--- START ---

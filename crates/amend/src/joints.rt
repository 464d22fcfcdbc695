// Where an amendment may cut.
ghost use Rattle.std.specs.Prelude.{length};
ghost use Rattle.search.specs.Promise.{Gives};
ghost use Rattle.region.specs.Region.{reaches};
ghost use Rattle.amend.specs.Amend.{joint};
ghost use Rattle.amend.specs.Amended.{regions_in, off_joint};
ghost use Rattle.amend.specs.Parts.{Orderly, Fair};

use crate::rows::{number, starts_before};
use common::list::END;
use joint::after_empty_line;

// Whether a region that starts before `k` ends at `k` or later: only the last of those can.
fn reaches_place(list: &[u32], count: usize, k: usize) -> bool
    requires { Orderly list.now count 4294967295 }
    ensures { Gives (reaches k (regions_in count list.now)) result }
{
    let n = starts_before(list, count, k);
    n > 0 && k <= number(list, n - 1, END)
}

// Whether `k` is a joint of the text with its list.
fn is_joint(src: &[u8], list: &[u32], count: usize, k: usize, eol: u8) -> bool
    requires { Orderly list.now count 4294967295 }
    ensures { Gives (joint eol src.now (regions_in count list.now) k) result }
{
    after_empty_line(src, k, eol) && !reaches_place(list, count, k)
}

// Whether a cut is not at a joint; the second may be the text's end.
pub(crate) fn is_off_joint(
    src: &[u8],
    list: &[u32],
    count: usize,
    first: usize,
    second: usize,
    eol: u8,
) -> bool
    requires { Fair list.now count (length src.now) }
    ensures { Gives (off_joint eol src.now (regions_in count list.now) first second) result }
{
    !is_joint(src, list, count, first, eol)
        || second < src.len() && !is_joint(src, list, count, second, eol)
}
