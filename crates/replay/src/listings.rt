// Section 9: what `spans` prints.
use common::refusal::Refusal;
use stored::numbers::Numbers;
use stored::parts::bytes_part;

// The room for a listing, more than any stored text has.
const ROOM: usize = 65536;

// A function makes it, since a proof takes the length of what a call answers from its type, and counts no zeros.
fn room() -> [u8; ROOM] {
    [0; ROOM]
}

pub(crate) fn ask(text: &[u8], reply: Numbers) -> Numbers {
    let mut room = room();
    let listed: &mut [u8] = &mut room;
    match listing::listing(text, listed) {
        Ok(n) => reply.and(1).bytes(bytes_part(&listed[..], 0, n)),
        Err(r) => reply.refused(r),
    }
}
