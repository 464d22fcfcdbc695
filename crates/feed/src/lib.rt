// Both scanners as one run of items: each stands one item ahead, so that the lesser of the two is known and no item is sought twice. A
// scanner's refusal counts as its end.
#![tactic(auto)]

pub mod item; // the items

ghost use Rattle.search.specs.Promise.{Gives};
ghost use Rattle.feed.specs.Feeds.{after, fresh_feed, picked, taken};

use block_marker::{BlockMarkerIter, Marker};
use block_numbered::{BlockNumberedIter, Numbered};
use common::grammar::Grammar;
use common::scan::ItemIter;
use item::{SheetItem, SheetKind};

// A scanner, one item ahead.
#[derive(Clone, Copy)]
pub struct ItemsAhead<K> {
    pub head: Option<SheetItem>,
    pub rest: ItemIter<K>,
}

// Both.
#[derive(Clone, Copy)]
pub struct Feed {
    pub marks: ItemsAhead<Marker>,
    pub numbers: ItemsAhead<Numbered>,
}

// The next item of both, and what comes after it.
#[derive(Clone, Copy)]
pub struct Taken {
    pub head: Option<SheetItem>,
    pub rest: Feed,
}

// Which scanner's item is next.
#[derive(Clone, Copy)]
enum Pick {
    Mark(SheetItem),
    Number(SheetItem),
}

// A scanner's next item; its refusal counts as its end.
fn next_item<K: SheetKind>(g: ItemIter<K>, src: &[u8], set: &[bool; 256]) -> ItemsAhead<K>
    ensures { Gives (after K K.reading K.shown set.now src.now g) result }
{
    let step = g.next(src, set);
    let rest = step.next;
    match step.found.unwrap_or(None) {
        Some(i) => ItemsAhead {
            head: Some(K::shown(i)),
            rest,
        },
        None => ItemsAhead { head: None, rest },
    }
}

// Both scanners from the text's start, by fresh states.
pub fn start(g: Grammar, src: &[u8], markers: &[bool; 256], delims: &[bool; 256]) -> Feed
    ensures { Gives (fresh_feed g markers.now delims.now src.now) result }
{
    let marks = next_item(
        BlockMarkerIter::new(g.eol, g.sep, g.tab, markers),
        src,
        markers,
    );
    let numbers = next_item(
        BlockNumberedIter::new(g.eol, g.sep, g.tab, delims),
        src,
        delims,
    );
    Feed { marks, numbers }
}

// The item that starts first, the marker where both start at one place; none where neither is left.
fn first_of(mark: Option<SheetItem>, number: Option<SheetItem>) -> Option<Pick>
    ensures { Gives (picked mark number) result }
{
    match (mark, number) {
        (Some(x), Some(y)) => {
            if y.start < x.start {
                return Some(Pick::Number(y));
            }
            Some(Pick::Mark(x))
        }
        (Some(x), None) => Some(Pick::Mark(x)),
        (None, Some(y)) => Some(Pick::Number(y)),
        (None, None) => None,
    }
}

// Takes the next item of both, and moves its scanner on.
pub fn take(f: Feed, src: &[u8], markers: &[bool; 256], delims: &[bool; 256]) -> Taken
    ensures { Gives (taken markers.now delims.now src.now f) result }
{
    let marks = f.marks;
    let numbers = f.numbers;
    let mark = marks.head;
    let number = numbers.head;
    let Some(pick) = first_of(mark, number) else {
        return Taken {
            head: None,
            rest: f,
        };
    };
    match pick {
        Pick::Mark(x) => {
            let more = next_item(marks.rest, src, markers);
            Taken {
                head: Some(x),
                rest: Feed {
                    marks: more,
                    numbers,
                },
            }
        }
        Pick::Number(y) => {
            let more = next_item(numbers.rest, src, delims);
            Taken {
                head: Some(y),
                rest: Feed {
                    marks,
                    numbers: more,
                },
            }
        }
    }
}
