// What the two item scanners share, sections 3 and 4: their questions, and a state in a list's terms.
use crate::answers;
use common::refusal::Refusal;
use common::scan::{ItemIter, ItemKind};
use common::sets;
use std::marker::PhantomData;
use stored::asked::Asked;
use stored::numbers::Numbers;

// A kind whose items can be told in a list's terms.
pub(crate) trait ToldKind: ItemKind {
    fn told(item: Self::Item, reply: Numbers) -> Numbers;
}

// A fresh state, all items that it yields, or a step of a handmade state at a place.
pub(crate) fn ask<K: ToldKind>(asked: Asked<'_>, reply: Numbers) -> Numbers {
    let set = sets::byte_set(asked.bytes(0));
    match asked.letter() {
        b'f' => said(fresh::<K>(asked, &set), reply.and(1)),
        b'r' => answers::entries(fresh::<K>(asked, &set), reply, |state, reply| {
            entry(state, asked.text, &set, reply)
        }),
        _ => {
            let step = handmade::<K>(asked).next(asked.text, &set);
            said(step.next, found::<K>(step.found, reply))
        }
    }
}

fn fresh<K: ItemKind>(asked: Asked<'_>, set: &[bool; 256]) -> ItemIter<K> {
    ItemIter::new(asked.byte(0), asked.byte(1), asked.byte(2), set)
}

fn handmade<K: ItemKind>(asked: Asked<'_>) -> ItemIter<K> {
    ItemIter {
        eol: asked.byte(2),
        sep: asked.byte(3),
        tab: asked.byte(4),
        pos: asked.place,
        needles: [asked.byte(5), asked.byte(6), asked.byte(7)],
        nn: asked.number(0) as usize,
        streaming: asked.byte(1) > 0,
        kind: PhantomData,
    }
}

// The state behind a step that found an item, and that item; nothing at the end.
fn entry<K: ToldKind>(
    state: ItemIter<K>,
    text: &[u8],
    set: &[bool; 256],
    reply: Numbers,
) -> Option<(ItemIter<K>, Numbers)> {
    let step = state.next(text, set);
    let item = step.found.unwrap_or(None)?;
    Some((step.next, K::told(item, reply)))
}

// What a step found.
fn found<K: ToldKind>(found: Result<Option<K::Item>, Refusal>, reply: Numbers) -> Numbers {
    match found {
        Ok(Some(item)) => K::told(item, reply.and(1)),
        Ok(None) => reply.and(2),
        Err(r) => reply.refused(r),
    }
}

fn said<K: ItemKind>(state: ItemIter<K>, reply: Numbers) -> Numbers {
    reply
        .byte(state.eol)
        .byte(state.sep)
        .byte(state.tab)
        .bytes(&state.needles)
        .size(state.nn)
        .flag(state.streaming)
        .size(state.pos)
}
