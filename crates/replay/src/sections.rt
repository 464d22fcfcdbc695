// The sections whose questions have a text: the forms of these, and which section asks what.
use crate::{fences, frames, items, leaves, listings};
use block_marker::Marker;
use block_numbered::Numbered;
use stored::asked::Asked;
use stored::form::Form;
use stored::numbers::Numbers;
use stored::texts::Places;

// The form of a section's letter.
pub(crate) fn form(section: u32, letter: u8) -> Form {
    match section {
        1 => leaf_form(letter),
        2 => match letter {
            b'f' | b'r' => Form::new(0, 5, 0, Places::Whole),
            b's' => Form::new(0, 5, 0, Places::Beyond),
            _ => Form::unknown(),
        },
        3 | 4 => match letter {
            b'f' | b'r' => Form::new(0, 3, 1, Places::Whole),
            b's' => Form::new(1, 8, 1, Places::FromStart),
            _ => Form::unknown(),
        },
        5 => match letter {
            b'f' | b'r' => Form::new(1, 5, 0, Places::Whole),
            b's' => Form::new(4, 8, 2, Places::FromStart).free(0).free(1),
            _ => Form::unknown(),
        },
        9 => match letter {
            b'l' => Form::new(0, 0, 0, Places::Whole),
            _ => Form::unknown(),
        },
        _ => Form::unknown(),
    }
}

// Asks of a text, at a place where the question has one, and adds the answer.
pub(crate) fn ask(asked: Asked<'_>, reply: Numbers) -> Numbers {
    match asked.question.section {
        1 => leaves::ask(asked, reply),
        2 => fences::ask(asked, reply),
        3 => items::ask::<Marker>(asked, reply),
        4 => items::ask::<Numbered>(asked, reply),
        5 => frames::ask(asked, reply),
        9 => listings::ask(asked.text, reply),
        _ => reply,
    }
}

fn leaf_form(letter: u8) -> Form {
    match letter {
        b'e' | b'c' => Form::new(0, 1, 0, Places::Beyond),
        b'p' => Form::new(0, 2, 2, Places::Beyond),
        b'a' => Form::new(1, 4, 0, Places::FromStart),
        b'o' => Form::new(0, 1, 2, Places::FromStart),
        b'k' => Form::new(0, 5, 0, Places::FromStart),
        b's' => Form::new(0, 5, 0, Places::FromSecond),
        b'b' => Form::new(0, 0, 0, Places::Whole),
        b'r' => Form::new(0, 5, 0, Places::Whole),
        _ => Form::unknown(),
    }
}
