// Replays stored answers: the leaves, the scanners and the listing. Standard input holds lists of questions with their answers; ours are
// asked the same, and each line whose answer isn't the same is told. The head of each list says how to read it.
#![tactic(auto)]

ghost use Rattle.std.specs.Prelude.{◌≤◌, length};

mod answers; // an answer in a list's terms
mod fences; // section 2: the fence scanner
mod frames; // section 5: continuation frames
mod items; // what the item scanners share
mod judge; // the lines of a list
mod leaves; // section 1: the leaves of common.rs, and the fence tests
mod listings; // section 9: what `spans` prints
mod markers; // section 3: the marker scanner
mod numbered; // section 4: the scanner of numbered items
mod page; // section 0: what the page says of refusals
mod question; // a question, asked of its texts
mod report; // what is printed
mod sections; // which section asks what

use std::io::Read;
use stored::parts::part;

// The room for all lists. What stands behind it in a longer input isn't read, and then the counts fall short.
const ROOM: usize = 2000001;

// A function makes it, since a proof takes the length of what a call answers from its type, and counts no zeros.
fn room() -> [u8; ROOM] {
    [0; ROOM]
}

// Where reading fails, what was read before is used; where printing does, the rest is printed.
fn main(rt: HostRuntime) {
    let mut room = room();
    let room: &mut [u8] = &mut room;
    let size = read(&mut rt.reader(), room);
    judge::judge(&rt, part(room, 0, size));
}

// How many bytes were read: until there is no more room, the input ends or reading fails.
fn read(input: &mut impl Read, room: &mut [u8]) -> usize
    ensures { result ≤ length room.new }
{
    let mut size = 0;
    while size < room.len() {
        match input.read(&mut room[size..]) {
            Ok(0) | Err(_) => break,
            Ok(n) => size += n,
        }
    }
    size
}
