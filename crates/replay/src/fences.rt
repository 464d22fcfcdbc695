// Section 2: the fence scanner.
use crate::answers;
use common::span::Span;
use fence::FenceIter;
use stored::asked::Asked;
use stored::numbers::Numbers;

// A fresh state, all spans that it yields, or a step of the state at a place.
pub(crate) fn ask(asked: Asked<'_>, reply: Numbers) -> Numbers {
    let fresh = FenceIter::new(
        asked.byte(0),
        asked.byte(1),
        asked.byte(2),
        asked.byte(3),
        asked.byte(4),
    );
    match asked.letter() {
        b'f' => state(fresh, reply.and(1)),
        b'r' => run(fresh, asked.text, reply),
        _ => {
            let pos = asked.place;
            step(FenceIter { pos, ..fresh }, asked.text, reply)
        }
    }
}

fn state(state: FenceIter, reply: Numbers) -> Numbers {
    reply
        .byte(state.byte)
        .byte(state.min)
        .byte(state.eol)
        .byte(state.sep)
        .byte(state.tab)
        .size(state.pos)
}

fn step(from: FenceIter, text: &[u8], reply: Numbers) -> Numbers {
    let step = from.next(text);
    let found = step.found;
    state(step.next, answers::span_found(found, reply))
}

fn run(fresh: FenceIter, text: &[u8], reply: Numbers) -> Numbers {
    answers::entries(fresh, reply, |state, reply| {
        let step = state.next(text);
        let found = step.found;
        let Ok(Some(span)) = found else {
            return None;
        };
        Some((step.next, answers::span(span, reply)))
    })
}
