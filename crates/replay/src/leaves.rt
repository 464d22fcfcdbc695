// Section 1: the leaves of common.rs, and the fence tests of context.rs.
use crate::answers;
use common::grammar::Grammar;
use common::sets;
use lines::fence_tests;
use stored::asked::Asked;
use stored::numbers::Numbers;

pub(crate) fn ask(asked: Asked<'_>, reply: Numbers) -> Numbers {
    let first = asked.byte(0);
    let text = asked.text;
    let place = asked.place;
    match asked.letter() {
        b'e' => answers::answer(lines::find_line_end(text, place, first), reply),
        b'c' => answers::answer(lines::count_escape(text, place, first), reply),
        b'a' => any_of(asked, reply),
        b'b' => probe(text, reply),
        b'p' => in_paragraph(asked, reply),
        b'o' => rule_opens(asked, reply),
        b'k' => reply.and(1).flag(closes(asked)),
        b's' => reply.value(closed_at(asked, place, asked.byte(1) as usize)),
        _ => opened(asked, reply),
    }
}

fn any_of(asked: Asked<'_>, reply: Numbers) -> Numbers {
    let needles = [asked.byte(1), asked.byte(2), asked.byte(3)];
    let count = asked.number(0) as usize;
    let place = find::find_any_of(&needles, count, asked.text, asked.place);
    answers::sought(place, asked.text.len(), reply)
}

// Questions with rules, whose bytes and minimums are two lists.
fn in_paragraph(asked: Asked<'_>, reply: Numbers) -> Numbers {
    reply.found(lines::next_in_paragraph(
        asked.text,
        asked.place,
        asked.byte(0),
        asked.byte(1),
        asked.bytes(0),
        asked.bytes(1),
    ))
}

fn rule_opens(asked: Asked<'_>, reply: Numbers) -> Numbers {
    let eol = asked.byte(0);
    match opening(asked.text, asked.place, eol, asked.bytes(0), asked.bytes(1)) {
        Some((count, _)) => reply.and(1).size(count),
        None => reply.and(2),
    }
}

fn opening(
    text: &[u8],
    place: usize,
    eol: u8,
    bytes: &[u8],
    mins: &[u8],
) -> Option<(usize, usize)> {
    let fences = fence_tests::fence_table(bytes, mins);
    fence_tests::fence_opens(text, place, eol, &fences)
}

// Line end, separator and tab follow a fence's byte and count. The escape plays no part.
fn grammar_of(asked: Asked<'_>) -> Grammar {
    Grammar {
        eol: asked.byte(2),
        escape: 0,
        sep: asked.byte(3),
        tab: asked.byte(4),
    }
}

fn closes(asked: Asked<'_>) -> bool {
    let g = grammar_of(asked);
    let end = find::find_byte(asked.text, asked.place, g.eol);
    let count = asked.byte(1) as usize;
    fence_tests::fence_closes(asked.text, asked.place, end, asked.byte(0), count, g)
}

// Where the line ends that closes a fence of so many bytes, else where the text does.
fn closed_at(asked: Asked<'_>, from: usize, count: usize) -> usize {
    let text = asked.text;
    match fence_tests::fence_close_scan(text, from, asked.byte(0), count, grammar_of(asked)) {
        Some((_, end)) => end,
        None => text.len(),
    }
}

// Whether the first line opens a fence; then its count, and where the fence is closed.
fn opened(asked: Asked<'_>, reply: Numbers) -> Numbers {
    let text = asked.text;
    let eol = asked.byte(2);
    match opening(text, 0, eol, &[asked.byte(0)], &[asked.byte(1)]) {
        Some((count, end)) => {
            let from = search::next_line(text.len(), end);
            reply.and(1).size(count).size(closed_at(asked, from, count))
        }
        None => reply.and(2),
    }
}

// How many bytes a set has, and these; of more than three only the first three.
fn probe(accepted: &[u8], reply: Numbers) -> Numbers {
    let set = sets::byte_set(accepted);
    let probe = sets::probe_matcher(&set);
    let count = if probe.streaming {
        reply.value(probe.nn)
    } else {
        reply.and(2)
    };
    count.bytes(&probe.needles)
}
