// Section 4: the scanner of numbered items.
use crate::answers;
use crate::items::ToldKind;
use block_numbered::{Numbered, NumberedItem};
use stored::numbers::Numbers;

impl ToldKind for Numbered {
    fn told(item: NumberedItem, reply: Numbers) -> Numbers {
        answers::span(item.span, reply.and(item.number).byte(item.delimiter))
    }
}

--- END ---

Work order:
Work through the records line by line and tally those holding "ends". Reply with the number alone.

Result:
3